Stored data
---+---

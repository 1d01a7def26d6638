// Symbols in a music line: the letter classes, barlines, tuplets.
#![tactic(auto)]

ghost use Rattle.std.specs.Prelude.{◌≡◌, ◌+◌, ◌<◌, ◌≤◌, length, drop};
ghost use Rattle.std.proofs.Math.Option.{none};
ghost use Rattle.laws.specs.Spans.{end_of};
ghost use Rattle.standard.specs.Bytes.{is_digit};
ghost use Rattle.standard.specs.Bars.{bar_symbols, symbol_at};
ghost use Rattle.reader.specs.Codes.{barline_code};
ghost use Rattle.reader.specs.Tokens.{class_of};
ghost use Rattle.editions.specs.declared.Edition.TheVariants.{First, Second};
ghost use Rattle.reader.specs.Tuplets.{tuplet_of, positive, normal_for, part_or};
ghost use Rattle.token_symbols.specs.Classes.{class_for, class_table};
ghost use Rattle.token_symbols.specs.Bars.{as_barline, left_for, bar_read, bar_for};
ghost use Rattle.token_symbols.specs.Tuplets.{number_for, tuplet_for};

use editions::Edition;
use text_bytes::Read;

// The class of a byte, which says how its token is read.
#[derive(Clone, Copy, Debug, PartialEq, Eq)]
pub enum Class {
    Skip,
    White,
    Ampersand,
    Quote,
    More,
    Less,
    Paren,
    BraceOpen,
    BraceClose,
    Bang,
    Plus,
    Bars,
    Bracket,
    Rest,
    InvisibleRest,
    BarRest,
    InvisibleBarRest,
    Pitched,
}

#[derive(Clone, Copy, Debug, PartialEq, Eq)]
pub enum Barline {
    Normal,
    RepeatStart,
    RepeatEnd,
    RepeatBoth,
    Double,
    Final,
}

// A barline, as the right one of the measure that it ends and the left one of the next.
#[derive(Clone, Copy, Debug, PartialEq, Eq)]
pub struct Bar {
    pub right: Barline,
    pub left: Barline,
}

// A tuplet: actual notes in the time of normal ones, for the next count notes.
#[derive(Clone, Copy, Debug, PartialEq, Eq)]
pub struct Tuplet {
    pub actual: u8,
    pub normal: u8,
    pub count: u64,
}

// A normal number that the meter decides, where the tuplet stands: the definition's own 0, which an empty part passes on as its number (an Option would have to be made of it and undone again).
pub const BY_METER: u8 = 0;

// The classes of the bytes below 128, by the definition's rules.
#[derive(Clone, Copy)]
pub struct Classes {
    pub table: [Class; 128],
    pub ghost is_table: { table ≡ class_table },
}

// Every entry "skipped", then notes, marks and bars set. Made once, and lent to each reader of a token.
pub fn letter_classes() -> Classes {
    let mut t = [Class::Skip; 128];
    // A to G, a to g, and the signs ^ _ =
    t[65] = Class::Pitched;
    t[66] = Class::Pitched;
    t[67] = Class::Pitched;
    t[68] = Class::Pitched;
    t[69] = Class::Pitched;
    t[70] = Class::Pitched;
    t[71] = Class::Pitched;
    t[97] = Class::Pitched;
    t[98] = Class::Pitched;
    t[99] = Class::Pitched;
    t[100] = Class::Pitched;
    t[101] = Class::Pitched;
    t[102] = Class::Pitched;
    t[103] = Class::Pitched;
    t[94] = Class::Pitched;
    t[95] = Class::Pitched;
    t[61] = Class::Pitched;
    // white space
    t[9] = Class::White;
    t[10] = Class::White;
    t[11] = Class::White;
    t[12] = Class::White;
    t[13] = Class::White;
    t[32] = Class::White;
    // & " > < ( { } ! + and the bars | :
    t[38] = Class::Ampersand;
    t[34] = Class::Quote;
    t[62] = Class::More;
    t[60] = Class::Less;
    t[40] = Class::Paren;
    t[123] = Class::BraceOpen;
    t[125] = Class::BraceClose;
    t[33] = Class::Bang;
    t[43] = Class::Plus;
    t[124] = Class::Bars;
    t[58] = Class::Bars;
    // [ and the rests z x Z X
    t[91] = Class::Bracket;
    t[122] = Class::Rest;
    t[120] = Class::InvisibleRest;
    t[90] = Class::BarRest;
    t[88] = Class::InvisibleBarRest;
    Classes { table: t }
}

impl Classes {
    // The class of a byte: what the table has for it, and "skipped" above 127.
    pub fn class_of(&self, b: u8) -> Class
        ensures { result ≡ class_for (class_of b) }
    {
        let k = b as usize;
        if k < 128 { self.table[k] } else { Class::Skip }
    }
}

// A barline's number in the reading.
impl From<Barline> for u8 {
    ghost from_gives = { λ barline number. number ≡ barline_code (as_barline barline) };

    fn from(barline: Barline) -> u8 {
        match barline {
            Barline::Normal => 0,
            Barline::RepeatStart => 1,
            Barline::RepeatEnd => 2,
            Barline::RepeatBoth => 3,
            Barline::Double => 4,
            Barline::Final => 5,
        }
    }
}

// A repeat start, a repeat of both kinds and a double bar stand at the next measure's left too.
fn left_of(barline: Barline) -> Barline
    ensures { result ≡ left_for barline }
{
    match barline {
        Barline::RepeatEnd => Barline::Normal,
        Barline::Final => Barline::Normal,
        _ => barline,
    }
}

fn read_bar(barline: Barline, next: usize) -> Option<Read<Bar>>
    ensures { result ≡ bar_read barline (left_for barline) next }
{
    Some(Read {
        value: Bar {
            right: barline,
            left: left_of(barline),
        },
        next,
    })
}

pub fn parse_barline(line: &[u8], at: usize) -> Option<Read<Bar>>
    requires { at < length line.now }
    ensures { result ≡ bar_for at (symbol_at bar_symbols (drop at line.now)) }
{
    let first = line[at];
    let second = text_bytes::byte_at(line, at + 1);
    match first {
        b'|' => match second {
            b':' => read_bar(Barline::RepeatStart, at + 2),
            b'|' => read_bar(Barline::Double, at + 2),
            b']' => read_bar(Barline::Final, at + 2),
            _ => read_bar(Barline::Normal, at + 1),
        },
        b':' => match second {
            b'|' => read_bar(Barline::RepeatEnd, at + 2),
            b':' => read_bar(Barline::RepeatBoth, at + 2),
            _ => None,
        },
        _ => None,
    }
}

// The digits at `at` as a number from 1 to `top`.
fn positive(line: &[u8], at: usize, top: u64) -> Option<Read<u64>>
    ensures { result ≡ number_for (end_of is_digit line.now at) (positive top (drop at line.now)) }
{
    let read = text_numbers::read_number(line, at, top);
    let Ok(value) = read.value else {
        return None;
    };
    if value == 0 {
        return None;
    }
    Some(Read {
        value,
        next: read.next,
    })
}

// The first edition's normal number of notes where none is written.
#[tactic(auto, unfolding(reader::specs::Tuplets::normal_for, reader::specs::Tuplets::or_one_less, standard::specs::Tuplets::usual_normal))]
fn usual_normal(actual: u8) -> u8
    requires { 1 ≤ actual }
    ensures { result ≡ normal_for First actual }
{
    match actual {
        2 => 3,
        3 => 2,
        4 => 3,
        _ => actual - 1,
    }
}

// The second edition's; of 5, 7 and 9 the meter decides.
#[tactic(auto, unfolding(reader::specs::Tuplets::normal_for, reader::specs::Tuplets::or_one_less, standard::specs::Tuplets::default_normal, standard::specs::Tuplets::usual_normal))]
fn standard_normal(actual: u8) -> u8
    requires { 1 ≤ actual }
    ensures { result ≡ normal_for Second actual }
{
    match actual {
        5 => BY_METER,
        6 => 2,
        7 => BY_METER,
        8 => 3,
        9 => BY_METER,
        _ => usual_normal(actual),
    }
}

fn default_normal(edition: Edition, actual: u8) -> u8
    requires { 1 ≤ actual }
    ensures { result ≡ normal_for edition actual }
{
    match edition {
        Edition::First => usual_normal(actual),
        Edition::Second => standard_normal(actual),
    }
}

// The part of a tuplet marker behind its `:`, which stands before `at`: a number from 1 to `top`. In the second edition an empty one is its default.
fn part_or(edition: Edition, line: &[u8], at: usize, default: u64, top: u64) -> Option<Read<u64>>
    ensures { result ≡ number_for (end_of is_digit line.now at) (part_or edition default top (drop at line.now)) }
{
    match edition {
        Edition::First => positive(line, at, top),
        Edition::Second => {
            if text_bytes::is_digit(text_bytes::byte_at(line, at)) {
                return positive(line, at, top);
            }
            Some(Read {
                value: default,
                next: at,
            })
        }
    }
}

// The tuplet marker `(p`, `(p:q` or `(p:q:r` whose `(` stands at `at`.
pub fn parse_abc_tuplet(edition: Edition, line: &[u8], at: usize) -> Option<Read<Tuplet>>
    requires { at < length line.now }
    ensures { result ≡ tuplet_for at (tuplet_of edition (drop (at + 1) line.now)) }
{
    let p = positive(line, at + 1, 255)?;
    if p.value < 2 {
        return None;
    }
    let actual = p.value as u8;
    let default = default_normal(edition, actual);
    if text_bytes::byte_at(line, p.next) != b':' {
        return Some(Read {
            value: Tuplet {
                actual,
                normal: default,
                count: p.value,
            },
            next: p.next,
        });
    }
    let q = part_or(edition, line, p.next + 1, default as u64, 255)?;
    let normal = q.value as u8;
    if text_bytes::byte_at(line, q.next) != b':' {
        return Some(Read {
            value: Tuplet {
                actual,
                normal,
                count: p.value,
            },
            next: q.next,
        });
    }
    let r = part_or(edition, line, q.next + 1, p.value, 18446744073709551615)?;
    Some(Read {
        value: Tuplet {
            actual,
            normal,
            count: r.value,
        },
        next: r.next,
    })
}
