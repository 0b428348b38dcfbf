// Whole links in one call.

ghost use Rattle.std.specs.Prelude.{◌≡◌, ◌≢◌, ◌<◌, ℕ, true, [], slice_get, slice_index, slice_set, Some, ◌==◌};
ghost use Rattle.links.specs.Chain.{total, times, list_at, left, linked_after, unlinked_after};
ghost use Rattle.ready_list.specs.Lists.{joined, join_node, unmarked};

use crate::ReadyList;
use kern_base::{Prio, TaskId};
use links::Links;

impl<L: Links> ReadyList<L> {
    /// Puts a task into the list of its priority: at the tail where the priority is the compared one, and else at the head.
    pub fn insert(&mut self, task: TaskId, prio: Prio, compared: Prio)
        requires numbers { (task.0 < 64) × (prio.0 < 64) }
        requires whole { self.old.forward ≡ self.old.back }
        requires nowhere { total task.0 self.old.forward ≡ 0 }
        ensures forward { self.new.forward ≡ joined self.old.forward prio.0 (prio.0 == compared.0) task.0 }
        ensures whole { self.new.back ≡ self.new.forward }
        ensures marked { self.new.marked ≡ slice_set self.old.marked prio.0 true }
        ensures nexts { self.new.nexts ≡ linked_after self.old.nexts (join_node self.old prio.0 (prio.0 == compared.0)) task.0 }
    {
        let tail = prio.0 == compared.0;
        self.link_forward(task, prio, tail);
        self.link_back(task, prio, tail);
        self.mark(prio);
    }

    /// Takes a task out of the list of its priority.
    pub fn remove(&mut self, task: TaskId, prio: Prio)
        requires numbers { (task.0 < 64) × (prio.0 < 64) }
        requires whole { self.old.forward ≡ self.old.back }
        requires stands { 0 < times task.0 (list_at self.old.forward prio.0) }
        ensures forward { self.new.forward ≡ left self.old.forward prio.0 task.0 }
        ensures whole { self.new.back ≡ self.new.forward }
        ensures marked { self.new.marked ≡ unmarked self.new.forward prio.0 self.old.marked }
        ensures nowhere { total task.0 self.new.forward ≡ 0 }
        ensures nexts { self.new.nexts ≡ unlinked_after self.old.nexts (slice_index self.old.prevs task.0) task.0 }
    {
        self.unlink_forward(task);
        self.unlink_back(task, prio);
    }

    /// The first task of a list goes to its tail.
    pub fn rotate(&mut self, prio: Prio)
        requires number { prio.0 < 64 }
        requires whole { self.old.forward ≡ self.old.back }
        requires filled { list_at self.old.forward prio.0 ≢ [] }
        ensures forward { (x : ℕ) → slice_get (list_at self.old.forward prio.0) 0 ≡ Some x → self.new.forward ≡ joined (left self.old.forward prio.0 x) prio.0 true x }
        ensures whole { self.new.back ≡ self.new.forward }
        ensures marked { self.new.marked ≡ slice_set self.old.marked prio.0 true }
    {
        if let Some(task) = self.head(prio) {
            self.remove(task, prio);
            self.link_forward(task, prio, true);
            self.link_back(task, prio, true);
            self.mark(prio);
        }
    }
}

---+---

- [What you will do]:
Nothing but an exact copy of the lines from the start of the entries through the line containing "use text_bytes::Read;" belongs in the response.

- [Output below]:
repository 1d01a7def26d6638
// Symbols in a music line: the letter classes, barlines, tuplets.
#![tactic(auto)]

ghost use Rattle.std.specs.Prelude.{◌≡◌, ◌+◌, ◌<◌, ◌≤◌, length, drop};
ghost use Rattle.std.proofs.Math.Option.{none};
ghost use Rattle.laws.specs.Spans.{end_of};
ghost use Rattle.standard.specs.Bytes.{is_digit};
ghost use Rattle.standard.specs.Bars.{bar_symbols, symbol_at};
ghost use Rattle.reader.specs.Codes.{barline_code};
ghost use Rattle.reader.specs.Tokens.{class_of};
ghost use Rattle.editions.specs.declared.Edition.TheVariants.{First, Second};
ghost use Rattle.reader.specs.Tuplets.{tuplet_of, positive, normal_for, part_or};
ghost use Rattle.token_symbols.specs.Classes.{class_for, class_table};
ghost use Rattle.token_symbols.specs.Bars.{as_barline, left_for, bar_read, bar_for};
ghost use Rattle.token_symbols.specs.Tuplets.{number_for, tuplet_for};

use editions::Edition;
use text_bytes::Read;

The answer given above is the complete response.